### Data extracts

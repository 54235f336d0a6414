use crate::calls::{AMPLE, Answer, Devices, must_answer, must_answer_however_cut};
use std::test::Fail;

const WORDS: &[&[u8]] = &[b"trace", b"t", b"k"];

// The first packet goes to port 1, later ones to port 2.
const FIRST_COME: &[u8] = b"snap-tables 1
field inport
field outport
switch a
switch b
array s 1
link 0 1
port 1 0
port 2 1
hop 0 1 1
hop 1 0 0
row 0 0 go 1
row 1 0 state 0 [#0] #0 1 2
row 1 1 leaf at 1 put 0 [#0] #1 out c1=#1
row 1 2 leaf out c1=#2
end
";

const FILES: &[(&[u8], &[u8])] = &[(b"t", FIRST_COME), (b"k", b"1\n2\n")];

const FIRST_BLOCK: &[u8] = b"packet 1
out inport=1 outport=1
lost 0
";

const REPORT: &[u8] = b"packet 1
out inport=1 outport=1
lost 0
packet 2
out inport=2 outport=2
lost 0
array s 0 = 1
end
";

#[test]
fn trace_writes_one_report_however_reads_are_cut(rt: HostRuntime) -> Result<(), Fail> {
    let whole = Answer {
        status: 0,
        out: REPORT,
        err: b"",
    };
    must_answer_however_cut(&rt, rt.alloc(), WORDS, FILES, whole)
}

const LONE: &[u8] = b"inject\ninject\nstep 1\nstep 0\nstep 0\nstep 1\nstep 1\nstep 0\n";

const LATE_FIRST: &[u8] = b"packet 1
out inport=1 outport=2
lost 0
packet 2
out inport=2 outport=1
lost 0
array s 0 = 1
end
";

#[test]
fn trace_does_what_a_schedule_orders(rt: HostRuntime) -> Result<(), Fail> {
    let words: &[&[u8]] = &[b"trace", b"--schedule=s", b"t", b"k"];
    let files: &[(&[u8], &[u8])] = &[(b"t", FIRST_COME), (b"k", b"1\n2\n"), (b"s", LONE)];
    let whole = Answer {
        status: 0,
        out: LATE_FIRST,
        err: b"",
    };
    must_answer(&rt, rt.alloc(), words, files, AMPLE, whole)
}

#[test]
fn trace_ends_where_a_device_fails(rt: HostRuntime) -> Result<(), Fail> {
    // The tables take 114 reads of two bytes, and each line of packets one.
    let second_line = Devices {
        read_most: 2,
        read_fails: &[115],
        ..AMPLE
    };
    let tables = Devices {
        read_fails: &[0],
        ..AMPLE
    };
    let tenth_byte = Devices {
        write_most: 1,
        write_fails: &[10],
        ..AMPLE
    };
    let cases: [(Devices, u8, &[u8], &[u8]); 3] = [
        (second_line, 2, FIRST_BLOCK, b"snapc: cannot read k\n"),
        (tables, 2, b"", b"snapc: cannot read t\n"),
        (tenth_byte, 3, b"packet 1\no", b"snapc: cannot write\n"),
    ];
    for (devices, status, out, err) in cases {
        let answer = Answer { status, out, err };
        must_answer(&rt, rt.alloc(), WORDS, FILES, devices, answer)?;
    }
    Ok(())
}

### Problem
Only the lines from the first one of the listing up to and including the line where "row 0 0 go 1" appears are wanted, reproduced exactly.

### Reply to the task
repository 54235f336d0a6414
use crate::calls::{AMPLE, Answer, Devices, must_answer, must_answer_however_cut};
use std::test::Fail;

const WORDS: &[&[u8]] = &[b"trace", b"t", b"k"];

// The first packet goes to port 1, later ones to port 2.
const FIRST_COME: &[u8] = b"snap-tables 1
field inport
field outport
switch a
switch b
array s 1
link 0 1
port 1 0
port 2 1
hop 0 1 1
hop 1 0 0
row 0 0 go 1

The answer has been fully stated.